This problem can be simply solved by looping through all of the minutes and adding or subtracting sheep (+15 or -10) depending on where you are in the count. For the first hour, third hour, fifth hour, etc. add 15 sheep per minute. At all other times subtract 10 sheep per minute. Just make sure to switch from +15 to -10 and vice-versa every 60 minutes.
Division-II, Level 2 & Division-I, Level 1: Auction
Div-II (500pt)
Submission rate - 75% (140/186)
Success rate - 59% (83/140)
Avg. Score - 313pt
Best Score - leibniz, 440.19pt
Div-I (250pt)
Submission rate - 99% (106/107)
Success rate - 79% (84/106)
Avg. Score - 196.67pt
Best Score - b0b0b0b, 241.02pt
A clever scheme for selling "counter-intuitive math problems" to math geeks was described in this problem. Given a number of email bids for a math paper, the task is to find the maximum possible profit, also given that the selling price will be equal to the maximum non-winning bid, and anyone bidding higher than the maximum non-winning bid will pay the non-winning bid price for the paper.
Probably the fastest and simplest way to solve this problem is to make a copy of the bids input, sort the copy, then iterate through the copy, looking for consecutive elements that are non-identical. In the event that consecutive elements differ, compute the profit which would ensue from using the lower of the two elements as the maximum non-winning bid. If the profit is greater than the maximum profit calculated so far, then store the maximum non-winning bid. After this loop simply generate the output by finding all of the indices with bids greater than the maximum non-winning bid.
Division-II, Level 3: Handles (1000pt)
Submission rate - 35% (66/186)
Success rate - 23% (15/66)
Avg. Score - 481.4pt
Best Score - Gojira, 578.12pt
This problem was a straightforward parsing exercise to determine the complexity of a given string based on 11 pre-defined rules. None of these rules in themselves poses an extreme challenge, but coding all of them takes some time, and of course it only takes one bug to mess up your solution. Familiarity with easy-to-use text parsing routines in the language of your choice would be a definite asset for solving this problem in a timely fashion.
Division-I, Level 2: Dance (500pt)
Submission rate - 49% (52/107)
Success rate - 63% (33/52)
Avg. Score - 283.76pt
Best Score - leibniz, 440.19pt
TopCoders need to have fun at dances too...
This problem asked you to find the total number of distinct combinations of dancing pairs, given a list of who everyone would be willing to dance with. The problem can be broken down by counting the number of distinct combinations with just 1 pair, the number of distinct combinations with 2 pairs, and so on. There are at most 10 elements to the input of this problem, so no more than 10 people are willing to dance with others. One good way to keep track of things for this problem (inspired by kv) would be to parse the input strings and form a bitmask for each of the dancers which describes which other dancers they were willing to dance with. Then start an array list whose elements describe all of the various dance combinations. Loop through all of the possible dancing pairs (in which person A is willing to dance with B and vice-versa) and if there is an element in the list whose bitmask does NOT indicate person A dancing with person B, then add an element to the list whose bitmask is the same as the previous bitmask, in addition to including person A dancing with person B. Also create an element in the list whose mask indicates just A dancing with B. The total number of dance combos will just be the number of elements in the list.
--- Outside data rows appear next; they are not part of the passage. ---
// What callers prove of the running vector and of its list by the public clauses alone.
ghost use Rattle.std.specs.Prelude.{◌≡◌, ◌+◌, ◌<◌, ◌≤◌, Some, IfSome, IfOk, IfErr, ℕ, length, slice_get, true};
ghost use Rattle.grow_core.specs.Vector.{IsHandOf, IsOpenedAt, IsSpoiltOf};
ghost use Rattle.grow_core.specs.Closing.{KeepsValues};

use crate::quiet::resized;
use crate::results::succeeded;
use grow_core::{AtError, AtLeast, GrowError, Hand, Shared, Shown, Spoilt, makers};
use quiet_core::{Quiet, QuietMendError, laws};
use std::alloc::AllocGlobal;

// Grows by `n` values of 7; the maker refuses number `at`, and its cause is 9. If the construction is refused,
// returns the run's first place and its length, the number of values that were made, and the reported cause.
pub(crate) fn grow_refused(
    vector: &Shared<u64>,
    hand: &mut Hand<u64>,
    n: u64,
    at: u64,
) -> Option<(u64, u64, u64, u64)>
    requires ours { IsHandOf vector.now hand.old }
    ensures of { hand.new.of ≡ hand.old.of }
    ensures shares { hand.new.shares ≡ hand.old.shares }
    ensures left { IfSome result (λ (_, n, made, _). made < n) }
    ensures cause { IfSome result (λ (_, _, _, why). why ≡ 9) }
{
    let make = |i: u64| -> Result<u64, u64>
        ensures { IfErr result (λ why. why ≡ 9) }
    { if i == at { Err(9) } else { Ok(7) } };
    let grown = vector.try_grow_with(hand, n, make);
    let told = match &grown {
        Err(GrowError::Refused { run, made, cause }) => {
            Some((run.from, run.n, made.run().n, *cause))
        }
        _ => None,
    };
    drop(grown);
    told
}

// Grows by `n` values, the first being 70; the maker refuses number `at`. If the construction is
// refused after the first value, returns that value.
fn first_of_refused(vector: &Shared<u64>, hand: &mut Hand<u64>, n: u64, at: u64) -> Option<u64>
    requires ours { IsHandOf vector.now hand.old }
    ensures { IfSome result (λ first. first ≡ 70) }
{
    let make = |i: u64| -> Result<u64, u64>
        ensures { i ≡ 0 → IfOk result (λ x. x ≡ 70) }
    {
        if i == at {
            Err(i)
        } else if i == 0 {
            Ok(70)
        } else {
            Ok(i)
        }
    };
    makers::first_is_for_zero(&make);
    let made = match vector.try_grow_with(hand, n, make) {
        Err(GrowError::Refused { made, .. }) => made,
        _ => return None,
    };
    if made.run().n == 0 {
        return None;
    }
    Some(*vector.get(&made.placed(0)))
}

// Makes the size at least `size`, and returns the size that is then known.
fn grow_to(vector: &Shared<u64>, hand: &mut Hand<u64>, size: u64) -> Option<u64>
    requires ours { IsHandOf vector.now hand.old }
    ensures of { hand.new.of ≡ hand.old.of }
    ensures enough { IfSome result (λ known. size ≤ known) }
{
    let make = |i: u64| -> Result<u64, u64> { Ok(i) };
    let grown = vector.grow_to_at_least(hand, size, make);
    let known = match &grown {
        Ok(AtLeast::Ran(_grown)) => Some(size),
        Ok(AtLeast::Enough { size }) => Some(*size),
        Err(_refused) => None,
    };
    drop(grown);
    known
}

// The first item of a walk over a vector is the first value that it was opened with.
fn first_shown(vector: &Shared<u64>) -> Option<u64>
    ensures { (x : ℕ) → IsOpenedAt vector.now 0 x → result ≡ Some x }
{
    // For the proof: the walk is not at its end if there is such a value.
    vector.laws();
    match vector.published().next() {
        Some(Some(value)) => Some(*value),
        _ => None,
    }
}

// The first item of a walk over an opened list is its first value.
fn first_published(list: Quiet<u64>) -> Option<Option<u64>>
    ensures { (x : ℕ) → slice_get list.members 0 ≡ Some (Some x)
        → IfSome result (λ shown. shown ≡ Some x) }
{
    let (vector, hand) = list.open().ok()?;
    let shown = first_shown(&vector);
    drop((vector, hand));
    Some(shown)
}

// The place of the token that a look at a broken place gives is that place, and so is the one that `at`
// gives.
fn broken_places(vector: &Shared<u64>, hand: &mut Hand<u64>, place: u64) -> Option<(u64, u64)>
    requires ours { IsHandOf vector.now hand.old }
    ensures { IfSome result (λ (looked, read). (looked ≡ place) × (read ≡ place)) }
{
    let shown = vector.look(place);
    let looked = match &shown {
        Shown::Broken(spoilt) => Some(spoilt.place()),
        _ => None,
    };
    drop(shown);
    let looked = looked?;
    let found = vector.at(hand, place, None);
    let both = match &found {
        Err(AtError::Broken(spoilt)) => Some((looked, spoilt.place())),
        _ => None,
    };
    drop(found);
    both
}

// The token that a look gives of a broken place. It is of this vector.
fn spoilt_shown(vector: &Shared<u64>, place: u64) -> Option<Spoilt>
    ensures { IfSome result (IsSpoiltOf vector.now) }
{
    match vector.look(place) {
        Shown::Broken(spoilt) => Some(spoilt),
        _ => None,
    }
}

// The same of the token that `at` gives.
fn spoilt_at(vector: &Shared<u64>, hand: &mut Hand<u64>, place: u64) -> Option<Spoilt>
    requires ours { IsHandOf vector.now hand.old }
    ensures of { hand.new.of ≡ hand.old.of }
    ensures ours { IfSome result (IsSpoiltOf vector.now) }
{
    match vector.at(hand, place, None) {
        Err(AtError::Broken(spoilt)) => Some(spoilt),
        _ => None,
    }
}

// Mends a member of a list, and returns the value that it has afterwards.
fn mended_or_there(list: &mut Quiet<u64>, place: u64, value: u64) -> u64
    requires there { place < length list.old.members }
    ensures { slice_get list.new.members place ≡ Some (Some result) }
{
    match list.mend(place, value) {
        Ok(()) => value,
        Err((QuietMendError::Filled, _)) => match list.get(place) {
            Ok(there) => *there,
            Err(_broken) => unreachable!(),
        },
        Err((QuietMendError::OutOfRange { .. }, _)) => unreachable!(),
    }
}

// Requests more room. Granted or refused, the room that the list had is still there for a push.
fn push_with_room(list: &mut Quiet<u64>, more: u64, value: u64)
    requires below { length list.old.members < list.old.limit }
    requires room { length list.old.members < list.old.capacity }
    ensures { length list.new.members ≡ length list.old.members + 1 }
{
    let _granted = list.reserve(more).is_ok();
    let pushed = succeeded(list.push(value));
    prove!(pushed);
}

// The value that is read at a place, without a token.
pub(crate) fn read(vector: &Shared<u64>, hand: &mut Hand<u64>, place: u64) -> Option<u64>
    requires ours { IsHandOf vector.now hand.old }
    ensures of { hand.new.of ≡ hand.old.of }
    ensures opened { (x : ℕ) → IsOpenedAt vector.now place x → result ≡ Some x }
{
    match vector.at(hand, place, None) {
        Ok(at) => Some(*at.value),
        Err(_refused) => None,
    }
}

// Opens a list, and reads two of its places.
fn read_two(list: Quiet<u64>, a: u64, b: u64) -> Option<(Option<u64>, Option<u64>)>
    ensures first { (x : ℕ) → slice_get list.members a ≡ Some (Some x)
        → IfSome result (λ (first, _). first ≡ Some x) }
    ensures second { (x : ℕ) → slice_get list.members b ≡ Some (Some x)
        → IfSome result (λ (_, second). second ≡ Some x) }
{
    let (vector, mut hand) = list.open().ok()?;
    let first = read(&vector, &mut hand, a);
    let second = read(&vector, &mut hand, b);
    drop((vector, hand));
    Some((first, second))
}

// Opens a list, appends a value, and closes it: the list then, and the value's place.
fn pushed_in_one_life(list: Quiet<u64>, value: u64) -> Option<(Quiet<u64>, u64)>
    ensures old { IfSome result (λ (after, _). KeepsValues list.members after.members) }
    ensures new { IfSome result
        (λ (after, place). slice_get after.members place ≡ Some (Some value)) }
{
    let (vector, mut hand) = list.open().ok()?;
    let placed = vector.try_push_back(&mut hand, value).ok()?;
    let list = Quiet::close(vector, hand);
    let _value = list.recall(&placed);
    Some((list, placed.place()))
}

// Opens a list, appends a value, closes it, and opens it again: what is then read at an old place, and at the
// place that was appended.
fn read_in_the_next_life(
    list: Quiet<u64>,
    old: u64,
    value: u64,
) -> Option<(Option<u64>, Option<u64>)>
    ensures first { (x : ℕ) → slice_get list.members old ≡ Some (Some x)
        → IfSome result (λ (first, _). first ≡ Some x) }
    ensures second { IfSome result (λ (_, second). second ≡ Some value) }
{
    let (list, place) = pushed_in_one_life(list, value)?;
    read_two(list, old, place)
}

// Requests more room for a list. It then equals every list that had its members before.
fn equals_with_room(list: &mut Quiet<u64>, other: &Quiet<u64>, n: u64) -> bool
    requires same { list.old.members ≡ other.now.members }
    ensures { result ≡ true }
{
    laws::equal_members_are_equal::<u64>();
    let _granted = list.reserve(n).is_ok();
    *list == *other
}

// The list of `n` numbers from 0 on. Number `refused` is refused, and its place is broken, as are those after
// it.
fn numbers<R: AllocGlobal>(rt: &R, n: u64, refused: u64) -> Quiet<u64> {
    let mut list = Quiet::new(rt.alloc(), 8);
    drop(resized(&mut list, n, 0, refused));
    list
}

// The values that callers know after a growth that was refused its second value, after a growth to a size of
// four, and of the last two places.
type Learned = ((u64, u64, u64, u64), u64, (u64, u64), (u64, u64));

fn learned(vector: &Shared<u64>, hand: &mut Hand<u64>) -> Option<Learned>
    requires ours { IsHandOf vector.now hand.old }
{
    let refused = grow_refused(vector, hand, 3, 1)?;
    let size = grow_to(vector, hand, 4)?;
    let looked = spoilt_shown(vector, 4)?;
    let read = spoilt_at(vector, hand, 4)?;
    let broken = broken_places(vector, hand, 5)?;
    Some((refused, size, (looked.place(), read.place()), broken))
}

fn grown_over(list: Quiet<u64>) -> Option<Learned> {
    let (vector, mut hand) = list.open().ok()?;
    let told = learned(&vector, &mut hand);
    drop((vector, hand));
    told
}

// The first value of a growth that is refused its third one.
fn first_made(list: Quiet<u64>) -> Option<u64> {
    let (vector, mut hand) = list.open().ok()?;
    let first = first_of_refused(&vector, &mut hand, 4, 2);
    drop((vector, hand));
    first
}

#[test]
fn callers_know_what_a_growth_reports(rt: HostRuntime) {
    assert!(rt; grown_over(numbers(&rt, 3, 9)) == Some(((3, 3, 1, 9), 6, (4, 4), (5, 5))));
    assert!(rt; first_made(numbers(&rt, 3, 9)) == Some(70));
}

#[test]
fn callers_know_the_values_of_an_opened_list(rt: HostRuntime) {
    assert!(rt;
        first_published(numbers(&rt, 3, 9)) == Some(Some(0))
            && read_in_the_next_life(numbers(&rt, 3, 9), 1, 7) == Some((Some(1), Some(7)))
    );
}

// Tests whether a member has this value once it is mended with seven.
fn has_once_mended(list: &mut Quiet<u64>, place: u64, value: u64) -> bool {
    place < list.len() && mended_or_there(list, place, 7) == value
}

// Appends a fourth member in the room of three.
fn pushes_a_fourth(list: &mut Quiet<u64>) -> bool {
    if list.len() < list.capacity() && list.len() < list.limit() {
        push_with_room(list, 9, 5);
    }
    list.len() == 4
}

#[test]
fn lists_of_equal_members_are_equal(rt: HostRuntime) {
    let mut list = numbers(&rt, 3, 1);
    let other = numbers(&rt, 3, 1);
    let are_equal = list.reserve(8).is_ok() && list == other && list.capacity() > other.capacity();
    drop((list, other));
    assert!(rt; are_equal);
}

#[test]
fn callers_know_what_a_refusal_leaves_of_a_list(rt: HostRuntime) {
    let mut broken = numbers(&rt, 3, 1);
    let mut list = numbers(&rt, 3, 9);
    let is_left = has_once_mended(&mut broken, 0, 0)
        && has_once_mended(&mut broken, 2, 7)
        && pushes_a_fourth(&mut list);
    drop((broken, list));
    assert!(rt; is_left);
}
Division-I, Level 3: FakeCoin (900pt)
Submission rate - 23% (25/107)
Success rate - 52% (13/25)
Avg. Score - 515pt
Best Score - SnapDragon, 679.06pt
Given that one coin out of twelve is known to be a fake, how do you figure out from a series of balance weighings which one is the fake, and whether it is heavier, lighter, etc.? dmwright came up with a rather elegant solution to this problem. He basically used two status flags for each coin to indicate whether or not that coin could be (a)"fake and heavier" or "not fake and heavier" and (b)"fake and lighter" or "not fake and lighter". All status flags for all 12 coins were initialized as being both fake and heavier and fake and lighter. Each of the balance readings were parsed, and the following steps were taken for the coins in each equation:
If a coin appears on either side of an "=" sign, then it must be real (since there can only be one fake coin) so set the flags for this coin to be "not fake and heavier" and "not fake and lighter".
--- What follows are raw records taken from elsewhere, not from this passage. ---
//! The numbers of a setting: of buckets, servers, racks, muxes and shards.
ghost use Rattle.std.specs.Prelude.{◌≡◌, ◌≤◌, ◌<◌, IfOk};
ghost use Rattle.bm_table.specs.Settings as spec;

use bm_base::{Fate, Hop, List, Memory, ServerId, Vip};
use std::alloc::Global;

/// How packets are assigned to muxes: by source port, or in turn.
#[derive(Clone, Copy, PartialEq, Eq)]
pub enum RouteKind {
    Port,
    Turn,
}

/// An impairment: what becomes of a packet's sendings with one hop.
#[derive(Clone, Copy, PartialEq, Eq)]
pub struct FaultRow {
    pub packet: u32,
    pub hop: Hop,
    pub fate: Fate,
}

/// The numbers of a setting: of buckets, servers, racks, muxes and shards. `timeout` and `lags` are
/// in nanoseconds, `capacity` is that of a shard.
#[derive(Drop)]
pub struct Setting {
    pub buckets: u32,
    pub servers: List<ServerId>,
    pub racks: u16,
    pub muxes: u16,
    pub shards: u16,
    pub capacity: u32,
    pub timeout: u64,
    pub vips: List<Vip>,
    pub route: RouteKind,
    pub lags: List<u64>,
    pub faults: List<FaultRow>,
}

impl Setting {
    /// The setting of a script that sets nothing: 8 buckets on servers 1 and 2 in one rack, one mux
    /// without a lag, 4 shards of 4,096 connections, a timeout of 240 seconds, the service
    /// 192.0.2.1:80. `Memory` where memory was refused.
    pub fn plain(alloc: Global) -> Result<Setting, Memory>
        ensures { IfOk result (λ setting. setting ≡ spec.plain_setting) }
    {
        Ok(Setting {
            buckets: 8,
            servers: List::of(vec![in alloc; ServerId(1), ServerId(2)]?),
            racks: 1,
            muxes: 1,
            shards: 4,
            capacity: 4_096,
            timeout: 240_000_000_000,
            vips: List::of(vec![in alloc;
                Vip {
                    addr: 0xc000_0201,
                    port: 80
                },
            ]?),
            route: RouteKind::Port,
            lags: List::of(vec![in alloc; 0]?),
            faults: List::of(Vec::new(alloc)),
        })
    }
}

/// The rack of a server, counted from 0: servers stand in the racks in turn, by their numbers.
pub fn rack_of(racks: u16, server: ServerId) -> u16
    requires { 1 ≤ racks }
    ensures rack { result ≡ spec.rack_of racks server }
    ensures within { result < racks }
{
    server.0.saturating_sub(1) % racks
}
If a coin appears to the left of a "<" sign or to the right of a ">" sign then there is no way that it can be fake and heavier, so set the "not fake and heavier" flag for this coin.
If a coin appears to the right of a "<" sign or to the left of a ">" sign then there is no way that it can be fake and lighter, so set the "not fake and lighter" flag for this coin.
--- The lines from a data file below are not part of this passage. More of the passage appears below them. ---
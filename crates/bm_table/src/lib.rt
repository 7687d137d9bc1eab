//! The plan of changes, the table of each version, and the script around them.
#![tactic(auto)]

mod plan;
mod script;
mod setting;
mod table;

pub use plan::{Change, Kind, Limit, Move, Plan, PlanFault, Retirement};
pub use script::{Command, Script};
pub use setting::{FaultRow, RouteKind, Setting, rack_of};
pub use table::Table;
If a coin does NOT appear to the left or right of any given "<" or ">" sign then it can not be a fake, once again for the reason that there can be only one fake coin. Set the flags for this coin to be "not fake and heavier" and "not fake and lighter".
Once these steps are completed for each of the balance equations, enough information exists to solve the problem. Count the number of fake coins by checking to see if either the "fake and heavier" or "fake and lighter" flags are set for each of the coins. If the number of fake coins is zero, then this is obviously a contradiction of the problem statement. Output "CONTRADICTION". Otherwise, output one of the following for each coin, depending on the status of its flags and the total number of fakes counted:
If both flags for the coin are set to "not fake and heavier" and "not fake and lighter" then this coin is obviously not a fake, so output 'R'.
Otherwise, one of the flags indicates a fake; if there is more than one fake counted (out of 12), then you have not been given enough equations to determine which coin is the fake, so output 'U' for this coin.
If only one fake was counted and the "fake and heavier" flag is set, output 'H'.
If only one fake was counted and the "fake and lighter" flag is set, output 'L'.
If only one fake was counted and both the "fake and heavier" and "fake and lighter" flags are set, you are sure the coin is a fake, but have not been given enough equations to determine whether or not it is heavier or lighter, so output 'F'.